The opinions expressed herein represent our conclusions as to the application of existing federal income tax law to the facts as presented to us, and we give no assurance that changes in such law or any interpretation thereof will not affect the opinions expressed by us. Moreover, there can be no assurance that these opinions will not be challenged by the Internal Revenue Service or that a court considering the issues will not hold contrary to such opinions. We express no opinion on the treatment of this transaction under the income tax laws of any state or other taxing jurisdictions. We assume no obligation to advise of any changes concerning the above, whether or not deemed material, which may hereafter come or be brought to our attention.

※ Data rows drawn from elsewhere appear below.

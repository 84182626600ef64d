// What both halves of the probe stand on: a command's arguments, read from standard input through a lent buffer, and words of a line.

#![tactic(auto)]

ghost use Rattle.std.specs.Prelude.{◌≡◌, ◌*◌, ◌%◌, ◌^◌, take};
ghost use Rattle.std.proofs.lemmas.List.Edits.{sets};
ghost use Rattle.printing.specs.Pages.{Shows};
ghost use Rattle.probe_input.specs.Words.{checksum, part_text, sum_text};

use printing::{Page, Show};
use std::io::Read;
use std::rt::Stdin;

// Which octets of the buffer are still to be taken.
#[derive(Clone, Copy)]
pub struct Feed {
    pub at: usize,
    pub filled: usize,
}

// A command's numbers; 0 where it has fewer.
#[derive(Clone, Copy)]
pub struct Args {
    pub one: u64,
    pub two: u64,
    pub three: u64,
    pub four: u64,
    pub five: u64,
}

// A command's numbers, how many octets it has, and what is to be taken behind it.
#[derive(Clone, Copy)]
pub struct Given {
    pub args: Args,
    pub count: u64,
    pub behind: Feed,
}

// The first octet that one read brings. A failed read counts as the end.
fn more(input: Stdin, buf: &mut [u8; 4096]) -> Option<(u8, Feed)> {
    let mut from = input;
    let n = from.read(buf).unwrap_or(0);
    if n == 0 {
        return None;
    }
    Some((buf[0], Feed { at: 1, filled: n }))
}

// The next octet, if the input has not ended.
pub fn letter(input: Stdin, buf: &mut [u8; 4096], feed: Feed) -> Option<(u8, Feed)> {
    let at = feed.at;
    if feed.filled <= at || 4096 <= at {
        return more(input, buf);
    }
    Some((buf[at], Feed { at: at + 1, ..feed }))
}

fn store(to: &mut [u8], i: usize, x: u8) {
    if i < to.len() {
        to[i] = x;
    }
}

// So many octets, of which a lent slice takes as many as it has room for.
fn fill(input: Stdin, buf: &mut [u8; 4096], feed: Feed, to: &mut [u8], n: u64) -> Option<Feed> {
    let mut at = feed;
    for i in 0..n {
        let (x, rest) = letter(input, buf, at)?;
        store(to, i as usize, x);
        at = rest;
    }
    Some(at)
}

// A number of eight octets.
fn number(input: Stdin, buf: &mut [u8; 4096], feed: Feed) -> Option<(u64, Feed)> {
    let mut eight = [0u8; 8];
    let rest = fill(input, buf, feed, &mut eight, 8)?;
    Some((octets::u64_at(&eight, 0), rest))
}

// The first numbers of five, as many as are wanted.
fn numbers(
    input: Stdin,
    buf: &mut [u8; 4096],
    feed: Feed,
    to: &mut [u64; 5],
    n: usize,
) -> Option<Feed> {
    let mut at = feed;
    for i in 0..n {
        let (x, rest) = number(input, buf, at)?;
        if i < 5 {
            to[i] = x;
        }
        at = rest;
    }
    Some(at)
}

// How many numbers stand before a command's octets.
fn before(letter: u8) -> usize {
    match letter {
        b'S' => 5,
        b'f' | b'a' => 4,
        b's' | b'y' => 3,
        b't' | b'o' | b'v' => 2,
        b'N' | b'P' | b'2' | b'4' | b'7' | b'k' | b'c' | b'u' | b'e' => 1,
        _ => 0,
    }
}

// The most octets of a command, if it takes any: what is put into the buffer may be longer than it.
fn most_of(letter: u8) -> Option<u64> {
    match letter {
        b'B' | b'W' => Some(40000),
        b'P' => Some(u64::MAX),
        b'D' | b'v' | b'm' | b'n' => Some(65600),
        // The strings of the header.
        b'1' | b'3' | b'5' | b'6' | b'8' | b'9' => Some(65600),
        _ => None,
    }
}

// Octets behind their length, at most so many.
fn take(
    input: Stdin,
    buf: &mut [u8; 4096],
    feed: Feed,
    to: &mut [u8],
    most: u64,
) -> Option<(u64, Feed)> {
    let (n, rest) = number(input, buf, feed)?;
    if most < n {
        return None;
    }
    let behind = fill(input, buf, rest, to, n)?;
    Some((n, behind))
}

// The octets of a command, if it has any.
fn octets_of(
    letter: u8,
    input: Stdin,
    buf: &mut [u8; 4096],
    feed: Feed,
    to: &mut [u8],
) -> Option<(u64, Feed)> {
    let Some(most) = most_of(letter) else {
        return Some((0, feed));
    };
    take(input, buf, feed, to, most)
}

// How many numbers stand behind a command's octets.
fn behind(letter: u8) -> usize {
    usize::from(letter == b'W')
}

// The arguments of a command: its numbers, and its octets in a lent slice. None: they are cut or too long.
pub fn arguments(
    letter: u8,
    input: Stdin,
    buf: &mut [u8; 4096],
    feed: Feed,
    to: &mut [u8],
) -> Option<Given> {
    let mut five = [0u64; 5];
    let one = numbers(input, buf, feed, &mut five, before(letter))?;
    let (count, two) = octets_of(letter, input, buf, one, to)?;
    let behind = numbers(input, buf, two, &mut five, behind(letter))?;
    let args = Args {
        one: five[0],
        two: five[1],
        three: five[2],
        four: five[3],
        five: five[4],
    };
    Some(Given {
        args,
        count,
        behind,
    })
}

// Octets put at a place, as far as the slice reaches.
pub fn put(to: &mut [u8], at: usize, xs: &[u8])
    ensures { to.new ≡ sets to.old at xs.now }
{
    for i in 0..xs.len() {
        if to.len() <= at {
            return;
        }
        if to.len() - at <= i {
            return;
        }
        to[at + i] = xs[i];
    }
}

// The first octets of a lent buffer, as far as it reaches.
pub fn front<'s>(s: &'s [u8], n: usize) -> &'s [u8]
    ensures { result.now ≡ take n s.now }
{
    if n < s.len() {
        return &s[..n];
    }
    s
}

// A product with 2^40 + 435, whose low 64 bits are kept.
fn times_prime(h: u64) -> u64
    ensures { result ≡ h * 0x100000001b3 % 2 ^ 64 }
{
    let shifted = h % 16777216 * 1099511627776;
    let low = h % 4294967296 * 435;
    let high = h / 4294967296 * 435 % 4294967296 * 4294967296;
    std::num::wrapping_add_u64(shifted, std::num::wrapping_add_u64(high, low))
}

// The checksum of a lent buffer: FNV-1a of 64 bits.
fn checksum(xs: &[u8]) -> u64
    ensures { result ≡ checksum xs.now }
{
    let mut h: u64 = 0xcbf2_9ce4_8422_2325;
    for i in 0..xs.len() {
        h = times_prime(h ^ u64::from(xs[i]));
    }
    h
}

// A part behind a space: its hex digits, or "-" for none.
pub fn part(page: &mut Page, xs: &[u8])
    ensures { Shows page.old (part_text xs.now) page.new }
{
    page.octet(b' ');
    if xs.len() == 0 {
        return page.octet(b'-');
    }
    page.show_all(Show::Hex, xs);
}

// The checksum of a lent buffer behind a space.
pub fn sum(page: &mut Page, xs: &[u8])
    ensures { Shows page.old (sum_text xs.now) page.new }
{
    page.octet(b' ');
    page.hex(8, checksum(xs));
}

Except as set forth above, we express no opinion as to the tax consequences to any party, whether federal, state, local or foreign, of the Merger or of any transactions related to the Merger or contemplated by the Merger Agreement. This opinion is addressed to you and is being furnished to you solely for your use in connection with the transaction that is the subject of the Merger Agreement. We assume no professional responsibility to any other person or entity. Accordingly,


Board of Directors

First Merchants Corporation

October 29, 2008

Page 3

 

the opinions expressed herein are not to be utilized or quoted by, delivered or disclosed to, in whole or in part, any other person, corporation, entity or governmental authority, or for any other purpose, without the prior written consent of this firm.

We hereby consent to the filing of this opinion as Exhibit 8 to the Registration Statement. We also consent to the reference to our firm name wherever appearing in the Registration Statement with respect to the discussion of the material U.S. federal income tax consequences of the Merger, and any amendment thereto. In giving this consent, we do not thereby admit that we are in the category of persons whose consent is required under Section 7 of the Securities Act of 1933, as amended, or the rules and regulations of the Securities and Exchange Commission thereunder, nor do we thereby admit that we are experts with respect to any part of such Registration Statement within the meaning of the term “experts” as used in the Securities Act of 1933, as amended, or the rules and regulations of the Securities and Exchange Commission thereunder.